Thurmond was a railroad and coal town wedged onto a narrow shelf of land in the New River Gorge of southern West Virginia, built almost entirely to serve the Chesapeake & Ohio Railway as it hauled bituminous coal out of the New River and Winding Gulf coalfields. Founded around 1900 on land controlled by coal operator Thomas G. McKell — and named for Captain William Dabney Thurmond, who had patented the original tract — the town existed because steam locomotives needed a place to take on coal and water and to assemble the long trains of loaded hoppers that the gorge produced.

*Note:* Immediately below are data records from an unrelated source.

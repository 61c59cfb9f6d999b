// Sets of files by their texts.
ghost use Rattle.std.specs.Prelude.{◌≡◌};

use std::marker::Model;

/// The text of a set of files, as it stands in a document.
#[derive(Drop)]
pub struct SetText {
    text: Vec<u8>,
}

impl Model for SetText {
    ghost use Rattle.std.specs.Prelude.{List, ℕ};

    ghost Value = { List ℕ };

    ghost view = { λ s. s.text.items };
}

impl SetText {
    /// A set's text from its bytes.
    pub fn new(text: Vec<u8>) -> Self
        ensures { result ≡ text.items }
    {
        SetText { text }
    }

    /// The bytes of the text.
    pub fn text(&self) -> &[u8]
        ensures { result.now ≡ self.now }
    {
        &self.text
    }
}
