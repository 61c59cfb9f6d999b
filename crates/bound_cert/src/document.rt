// Certificates.
ghost use Rattle.bound_cert.specs.Documents.{IsDocument};

use crate::heading::Heading;
use crate::node_line::NodeLines;

/// A certificate whose text is in the form of documents.
#[derive(Drop)]
pub struct Document {
    pub heading: Heading,
    pub nodes: NodeLines,
    ghost lawful: { ∥ IsDocument heading nodes ∥₁ },
}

At its height in the 1910s and early 1920s Thurmond was one of the busiest freight points on the entire C&O system. During the first two decades of the 20th century the town reportedly produced more freight tonnage than Cincinnati and Richmond combined, and roughly fifteen passenger trains a day passed through, the depot handling about 75,000 passengers a year — all with almost no road access, the railroad tracks serving quite literally as the main street. Two banks, including the National Bank of Thurmond, two hotels, stores, and offices crowded the narrow strip between the cliff and the river.

Thurmond’s prosperity, however, was bound tightly to a single technology and a single commodity. Steam locomotives required frequent coaling and watering stops, which is precisely what gave a place like Thurmond its reason to exist; the diesel-electric locomotives that railroads adopted from the 1940s onward did not. As diesels eliminated the need for division-point servicing and the long decline of Appalachian coal cut traffic further, the town’s economic logic simply evaporated.

Today Thurmond survives as a near-empty historic district inside New River Gorge National Park and Preserve, and the entire town is listed on the National Register of Historic Places. The 1904 depot has been restored by the National Park Service as a seasonal visitor center, just five residents remained as of the 2020 census — making Thurmond the least-populous municipality in West Virginia — and the town stands as one of the clearest American examples of a settlement obsoleted not by a depleted mine beneath it but by a change in the machines that passed through it.